To sit around waiting for big industry to come back is foolish. Whether it's a tractor manufacturer in Brantford, a paper mill in Crofton, B.C., or a metallurgical industry in Sorel-Tracy, Québec, it's gone and it's not coming back. For every factory that does come to town, two leave. In today's globalized world, for a growing number of products, it's cheaper to manufacture overseas and import. This is just life. It sucks for a great many people, but it's life. We must adapt, move forward, and help along the people who are hurt by the changes.

Alternatively, to keep putting government money into heavy industry located locally is a waste that leads to inefficiency, because the industry depends on the government handouts to stay afloat. It highly distorts the market. This is, incidentally, a major argument against the inutility of socialism after the example of Soviet Russia (of which I assume you are not a fan, Mr. Annable).

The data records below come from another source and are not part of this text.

//! Reads a proof whose bytes arrive in pieces.

ghost use Rattle.std.specs.Prelude.{◌≡◌, ◌≢◌, ℕ, ◌+◌, ◌<◌, ◌≤◌, ◌^◌, List, [], ◌++◌, length, IfOk, IfErr, OnOk};
ghost use Rattle.ats_grammar.specs.declared.fault.ShapeFault.{ShapeFault};
ghost use Rattle.ats_grammar.specs.declared.fault.ShapeKind.TheVariants.{Cut, Long};
ghost use Rattle.ats_grammar.specs.Front.{IsSpelling, IsBad};
ghost use Rattle.ats_grammar.specs.Grammar.{proof_schema};
ghost use Rattle.ats_grammar.specs.Table.{head};
ghost use Rattle.ats_grammar.specs.ReaderState.{remaining};
ghost use Rattle.ats_grammar.specs.PiecePosition.{IsAt, IsWaiting};
ghost use Rattle.ats_grammar.specs.Inner.PiecePosition.{IsWrong};
ghost use Rattle.ats_grammar.specs.Feeding.{StandsFor};

use crate::fault::{ShapeFault, ShapeKind};
use crate::feeder::{Feeder, Place};
use crate::field_kinds::Next;
use crate::piece_position::PiecePosition;
use crate::reader_state::State;

/// The most bytes that a proof may have.
pub const MAX_PROOF: u64 = 1 << 26;

// Why reading stopped, and how many bytes follow the last whole field.
#[derive(Clone, Copy)]
struct Wrong {
    kind: ShapeKind,
    left: u64,
}

impl PiecePosition {
    // Reads a piece to its end.
    fn read_on(&mut self, piece: &[u8]) -> Result<(), Wrong>
        requires few { length piece.now ≤ 2 ^ 26 }
        ensures on { OnOk result ((bytes : List ℕ) → IsAt bytes self.old piece.now → IsAt bytes self.new []) }
        ensures wait { OnOk result (IsWaiting (head (remaining self.new.state)) self.new.came) }
        ensures wrong { IfErr result (λ wrong. (bytes : List ℕ) → IsAt bytes self.old piece.now
            → IsWrong bytes wrong.kind wrong.left) }
        ensures inside { OnOk result (self.new.came ≤ self.old.came + length piece.now) }
        ensures few { IfErr result (λ wrong. wrong.left ≤ self.old.came + length piece.now) }
    {
        let mut rest = piece;
        'steps: loop {
            match self.step(rest) {
                Ok(Some(after)) => rest = after,
                Ok(None) => return Ok(()),
                Err(kind) => {
                    let stand = *self;
                    let left = u64::from(stand.came) + rest.len() as u64;
                    return Err(Wrong { kind, left });
                }
            }
        }
    }
}

impl Feeder {
    /// A reader of a proof of `length` bytes.
    ///
    /// # Errors
    /// A proof of more than 2^26 bytes is too long.
    pub fn new(length: u64) -> Result<Feeder, ShapeFault>
        ensures few { IfOk result (λ feeder. (length ≤ 2 ^ 26) × (feeder.length ≡ length)) }
        ensures none { IfOk result (λ feeder. (feeder.fed ≡ 0) × StandsFor feeder []) }
        ensures long { IfErr result (λ fault. (2 ^ 26 < length) × (fault ≡ record { at = 2 ^ 26; kind = Long })) }
    {
        if length > MAX_PROOF {
            return Err(ShapeFault {
                at: MAX_PROOF,
                kind: ShapeKind::Long,
            });
        }
        Ok(Feeder {
            length,
            fed: 0,
            place: Place::Reading(PiecePosition::before(State::start())),
        })
    }

    /// Reads the next piece.
    ///
    /// # Errors
    /// The first fault of the bytes so far, if no further bytes can mend it. Every later call returns it too.
    pub fn feed(&mut self, piece: &[u8]) -> Result<(), ShapeFault>
        requires { self.old.fed + length piece.now ≤ self.old.length }
        ensures more { (self.new.length ≡ self.old.length) × (self.new.fed ≡ self.old.fed + length piece.now) }
        ensures stands { (bytes : List ℕ) → StandsFor self.old bytes → StandsFor self.new (bytes ++ piece.now) }
        ensures refused { IfErr result (λ fault. (bytes : List ℕ) → StandsFor self.old bytes
            → IsBad proof_schema (bytes ++ piece.now) fault × (fault.kind ≢ Cut)) }
        ensures fine { OnOk result ((bytes : List ℕ) (fault : ShapeFault) → StandsFor self.old bytes
            → IsBad proof_schema (bytes ++ piece.now) fault → fault.kind ≡ Cut) }
    {
        let fed = self.fed + piece.len() as u64;
        self.fed = fed;
        match &mut self.place {
            Place::Refused(fault) => Err(*fault),
            Place::Reading(stand) => match stand.read_on(piece) {
                Ok(()) => Ok(()),
                Err(wrong) => {
                    let fault = ShapeFault {
                        at: fed - wrong.left,
                        kind: wrong.kind,
                    };
                    self.place = Place::Refused(fault);
                    Err(fault)
                }
            },
        }
    }

    /// Decides on the bytes after the last piece.
    ///
    /// # Errors
    /// The first fault of the bytes.
    pub fn finish(&self) -> Result<(), ShapeFault>
        ensures spelled { OnOk result ((bytes : List ℕ) → StandsFor self.now bytes → IsSpelling proof_schema bytes) }
        ensures refused { IfErr result (λ fault. (bytes : List ℕ) → StandsFor self.now bytes
            → IsBad proof_schema bytes fault) }
    {
        let stand = match self.place {
            Place::Refused(fault) => return Err(fault),
            Place::Reading(stand) => stand,
        };
        match stand.state.next() {
            Next::End => Ok(()),
            _ => Err(ShapeFault {
                at: self.fed - u64::from(stand.came),
                kind: ShapeKind::Cut,
            }),
        }
    }
}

What are "marketable skills" you ask? Well, education in science and engineering, for one. Or how about teaching workers skills specific to specialized manufacturing processes – this is how Germany has maintained its superiority in manufacturing complex machinery. Knowledge of computer systems and design is clearly going to be "marketable" in the future. Following Richard Florida, regions with higher levels of arts and culture also exhibit more innovation.

Essentially, I am arguing that if the government invests in human capital, then the free market will invest in projects (there are many variations on this economic theory, but they all essentially revolve around this basic idea).

Finally, it might do you some good to get off your "working-man high horse" and accept that most academics work as hard as the average labourer. How do I know? Because both of the authors of this blog have worked in factories and other labour-intensive jobs. In fact, in just a couple of weeks I am going to return to doing forestry work in a bush camp in northern B.C. for the rest of the summer. The authors of this blog have picked up a hammer before, with the same work ethic as going to the library to spend ten hours pounding the books.

Again, keep the comments coming. It's important to get all the sides of an argument.